SUPPLIED INFORMATION Start Marker

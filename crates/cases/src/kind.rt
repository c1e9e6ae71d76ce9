// The kinds of clauses.
ghost use Rattle.std.specs.Prelude.{◌≡◌};
ghost use Rattle.cases.specs.Drafts.{KindNumbered, form_of, root_number, is_property};

use super::faults::CaseFault;
use pltl::Dual;
use tables::{Form, Number};

#[derive(Clone, Copy)]
pub enum ClauseKind {
    // How a run starts.
    Init,
    // What stays true.
    Invariant,
    // How one moment leads to the next.
    Transition,
    // What is claimed.
    Property,
}

// The kind with a number, from 1 to 4.
impl TryFrom<usize> for ClauseKind {
    type Error = CaseFault;

    ghost try_from_gives = { KindNumbered };

    fn try_from(number: usize) -> Result<ClauseKind, CaseFault> {
        match number {
            1 => Ok(ClauseKind::Init),
            2 => Ok(ClauseKind::Invariant),
            3 => Ok(ClauseKind::Transition),
            4 => Ok(ClauseKind::Property),
            _ => Err(CaseFault::UnknownKind),
        }
    }
}

impl ClauseKind {
    // Which formula of the text is numbered: an invariant and a transition stand under an always.
    pub fn form(self) -> Form
        ensures { result ≡ form_of self }
    {
        match self {
            ClauseKind::Init | ClauseKind::Property => Form::Itself,
            ClauseKind::Invariant | ClauseKind::Transition => Form::Always,
        }
    }

    pub fn is_property(self) -> bool
        ensures { result ≡ is_property self }
    {
        matches!(self, ClauseKind::Property)
    }

    // The number of the root formula, by that of the formula that was numbered: of a property, the opposite.
    pub fn root(self, entered: Number) -> Number
        ensures { result.0 ≡ root_number self entered.0 }
    {
        match self {
            ClauseKind::Init | ClauseKind::Invariant | ClauseKind::Transition => entered,
            ClauseKind::Property => entered.dual(),
        }
    }
}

SUPPLIED INFORMATION End Marker

§ **WHAT YOU NEED TO DO**
With no words changed, transcribe the records above.

§ **TASK SOLUTION**
filename crates/cases/src/kind.rt
repository c1e9e6ae71d76ce9
// The kinds of clauses.
ghost use Rattle.std.specs.Prelude.{◌≡◌};
ghost use Rattle.cases.specs.Drafts.{KindNumbered, form_of, root_number, is_property};

use super::faults::CaseFault;
use pltl::Dual;
use tables::{Form, Number};

#[derive(Clone, Copy)]
pub enum ClauseKind {
    // How a run starts.
    Init,
    // What stays true.
    Invariant,
    // How one moment leads to the next.
    Transition,
    // What is claimed.
    Property,
}

// The kind with a number, from 1 to 4.
impl TryFrom<usize> for ClauseKind {
    type Error = CaseFault;

    ghost try_from_gives = { KindNumbered };

    fn try_from(number: usize) -> Result<ClauseKind, CaseFault> {
        match number {
            1 => Ok(ClauseKind::Init),
            2 => Ok(ClauseKind::Invariant),
            3 => Ok(ClauseKind::Transition),
            4 => Ok(ClauseKind::Property),
            _ => Err(CaseFault::UnknownKind),
        }
    }
}

impl ClauseKind {
    // Which formula of the text is numbered: an invariant and a transition stand under an always.
    pub fn form(self) -> Form
        ensures { result ≡ form_of self }
    {
        match self {
            ClauseKind::Init | ClauseKind::Property => Form::Itself,
            ClauseKind::Invariant | ClauseKind::Transition => Form::Always,
        }
    }

    pub fn is_property(self) -> bool
        ensures { result ≡ is_property self }
    {
        matches!(self, ClauseKind::Property)
    }

    // The number of the root formula, by that of the formula that was numbered: of a property, the opposite.
    pub fn root(self, entered: Number) -> Number
        ensures { result.0 ≡ root_number self entered.0 }
    {
        match self {
            ClauseKind::Init | ClauseKind::Invariant | ClauseKind::Transition => entered,
            ClauseKind::Property => entered.dual(),
        }
    }
}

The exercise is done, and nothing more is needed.